---- Data

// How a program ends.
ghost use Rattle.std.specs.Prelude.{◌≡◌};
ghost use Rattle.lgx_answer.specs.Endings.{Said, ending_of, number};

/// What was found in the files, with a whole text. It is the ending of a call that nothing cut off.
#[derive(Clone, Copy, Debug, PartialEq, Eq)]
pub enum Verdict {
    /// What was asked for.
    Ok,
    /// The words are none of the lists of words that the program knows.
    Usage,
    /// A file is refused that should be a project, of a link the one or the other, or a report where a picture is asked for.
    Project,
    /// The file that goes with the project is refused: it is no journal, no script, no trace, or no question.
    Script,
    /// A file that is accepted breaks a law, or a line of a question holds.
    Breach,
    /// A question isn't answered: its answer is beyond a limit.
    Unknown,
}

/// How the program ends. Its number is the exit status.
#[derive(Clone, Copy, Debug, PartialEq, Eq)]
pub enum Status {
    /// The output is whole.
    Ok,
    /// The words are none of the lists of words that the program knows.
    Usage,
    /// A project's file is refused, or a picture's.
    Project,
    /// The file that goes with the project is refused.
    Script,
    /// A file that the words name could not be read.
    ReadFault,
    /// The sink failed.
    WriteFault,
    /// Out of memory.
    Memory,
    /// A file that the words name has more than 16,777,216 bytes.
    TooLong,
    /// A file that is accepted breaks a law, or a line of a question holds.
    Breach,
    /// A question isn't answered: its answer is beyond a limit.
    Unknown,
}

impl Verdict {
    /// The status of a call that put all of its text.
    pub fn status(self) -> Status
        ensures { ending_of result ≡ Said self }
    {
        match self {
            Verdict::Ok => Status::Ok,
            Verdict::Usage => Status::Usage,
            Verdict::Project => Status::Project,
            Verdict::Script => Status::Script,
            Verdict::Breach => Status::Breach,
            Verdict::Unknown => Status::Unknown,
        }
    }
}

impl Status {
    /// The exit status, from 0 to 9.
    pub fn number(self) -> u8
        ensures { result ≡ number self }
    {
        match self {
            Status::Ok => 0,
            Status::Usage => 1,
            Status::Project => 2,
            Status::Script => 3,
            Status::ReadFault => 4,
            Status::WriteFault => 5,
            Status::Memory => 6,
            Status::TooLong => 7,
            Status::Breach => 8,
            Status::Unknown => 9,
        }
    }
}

--------

▶ _Action item_
Transcribe exactly, and only, the lines from the opening line of the records through the line containing "nothing cut off.".

▶ _Answer for the task_
// How a program ends.
ghost use Rattle.std.specs.Prelude.{◌≡◌};
ghost use Rattle.lgx_answer.specs.Endings.{Said, ending_of, number};

/// What was found in the files, with a whole text. It is the ending of a call that nothing cut off.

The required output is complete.